# One for the LANG Owners...



## chef jimmyj (Jun 18, 2013)

Ok well maybe a couple of questions...

Have any of the long term Lang owners had any issues with the Paint or what ever the finish is burning off the Fire Box or the Grill side of the Hybrid?

How about Peeling on other parts?

Any issues with Rust inside or out?

How well do the Grates hold up?

Are the Thermometers accurate?

Any way to get more than an hour between having to add more Wood? 20 hour Briskets can make for a long night...

How is the Fit and Finish, the welds neat and clean?

Any need for a Water Pan?

Do you use Drip Pans or let the meat drip on the RF Baffle?

If you knew when you purchased what you have learned since...Is there another smoker you would have purchased?

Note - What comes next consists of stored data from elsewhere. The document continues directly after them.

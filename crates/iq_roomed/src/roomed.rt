//! A list with room that was made before.
ghost use Rattle.std.specs.Prelude.{◌≡◌, ◌≤◌, ◌<◌, ◌+◌, ◌↔◌, [], ◌∷◌, ◌++◌, length, take, drop, slice_set, IsTrue, IfOk, OnOk, OnErr};
ghost use Rattle.iq_roomed.specs.Rooms.{Becomes};

use iq_base::NoMemory;
use std::alloc::Global;
use std::marker::Model;

/// A list, and how many more items can be put without memory.
#[derive(Debug, Drop)]
pub struct Roomed<T> {
    items: Vec<T>,
}

impl<T> Model for Roomed<T> {
    ghost use Rattle.std.specs.Prelude.{◌-◌, vec_len};
    ghost use Rattle.std.specs.Vec.{vec_capacity};
    ghost use Rattle.iq_roomed.specs.Rooms.{Room, room_code};

    ghost Value = { Room T };

    ghost coded = { room_code T.code };

    ghost view = { λ r. record { items = r.items.items; room = vec_capacity r.items - vec_len r.items } };
}

impl<T> Roomed<T> {
    /// No item, and no room. It takes no memory.
    pub fn new(alloc: Global) -> Roomed<T>
        ensures { result.items ≡ [] }
    {
        Roomed {
            items: Vec::new(alloc),
        }
    }

    /// No item, and room for so many.
    pub fn with_room(alloc: Global, n: usize) -> Result<Roomed<T>, NoMemory>
        ensures empty { IfOk result (λ r. r.items ≡ []) }
        ensures room { IfOk result (λ r. n ≤ r.room) }
    {
        Ok(Roomed {
            items: Vec::with_capacity(alloc, n)?,
        })
    }

    /// The items in order.
    pub fn as_slice(&self) -> &[T]
        ensures { result.now ≡ self.now.items }
    {
        self.items.as_slice()
    }

    /// How many items there are.
    pub fn len(&self) -> usize
        ensures { result ≡ length self.now.items }
    {
        self.items.len()
    }

    /// Whether there is no item.
    pub fn is_empty(&self) -> bool
        ensures { IsTrue result ↔ (self.now.items ≡ []) }
    {
        self.items.is_empty()
    }

    /// How many more items can be put without memory.
    pub fn room(&self) -> usize
        ensures { result ≡ self.now.room }
    {
        self.items.capacity() - self.items.len()
    }

    /// Makes room for `n` items more. The list is as before where memory is wanting, which is so only where the room is too small.
    pub fn reserve(&mut self, n: usize) -> Result<(), NoMemory>
        ensures ok { OnOk result (n ≤ self.new.room) }
        ensures same { Becomes self.old self.old.items self.new }
        ensures err { OnErr result (self.new ≡ self.old) }
        ensures cause { OnErr result (self.old.room < n) }
    {
        self.items.reserve(n)?;
        Ok(())
    }
}

impl<T: Drop> Roomed<T> {
    /// Puts an item at the end, into room that was made before. It takes no memory.
    pub fn push(&mut self, item: T)
        requires { 0 < self.old.room }
        ensures { Becomes self.old (self.old.items ++ item ∷ []) self.new }
    {
        self.items.push(item).unwrap();
    }

    /// Keeps the first `n` items. It takes no memory.
    pub fn truncate(&mut self, n: usize)
        ensures { Becomes self.old (take n self.old.items) self.new }
    {
        self.items.truncate(n);
    }

    /// Leaves out the first `n` items. It takes no memory, and moves the others.
    pub fn drop_front(&mut self, n: usize)
        requires { n ≤ length self.old.items }
        ensures { Becomes self.old (drop n self.old.items) self.new }
    {
        let left = self.items.len() - n;
        self.items.rotate_left(n);
        self.items.truncate(left);
    }

    /// Puts an item in place of the one at a place.
    pub fn set(&mut self, at: usize, item: T)
        requires { at < length self.old.items }
        ensures { Becomes self.old (slice_set self.old.items at item) self.new }
    {
        self.items[at] = item;
    }
}
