//! Lists with room that was made before, so that a later call takes no memory.
//!
//! Contracts see such a list as its items and the number of items that it can still take (`Room`). Below stands `iq_base` with
//! want of memory; above stand the parts of the shared state. Its one law: what is put into room that was made never fails.
#![tactic(auto)]

mod roomed;

pub use roomed::Roomed;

Thanks in advance for your answers...If I am going to drop a couple Grand on a cooker, it needs to be the LAST one I buy...JJ


----------



## chef jimmyj (Jun 18, 2013)

WOW...I thought there were more lang owners around here!...JJ


----------



## fwismoker (Jun 18, 2013)

Jimmy can one assume you're now out of the apartment and the smoking restrictions have now been lifted?


----------



## chef jimmyj (Jun 18, 2013)

I am working on it. I am really in the research phase. There are a lot of nice pits but Lang is way closer than all the Pit builders in TX. Since I do months of research before pulling the trigger on something this big, I thought I would see what the Lang Vets had to say...JJ


----------



## ribwizzard (Jun 19, 2013)

Go Meadow Creek.


----------



## buttburner (Jun 19, 2013)

20 hours to do a brisket?

talk about low and slow lol

all I know is Lang is a top quality smoker, I wish I could help you more.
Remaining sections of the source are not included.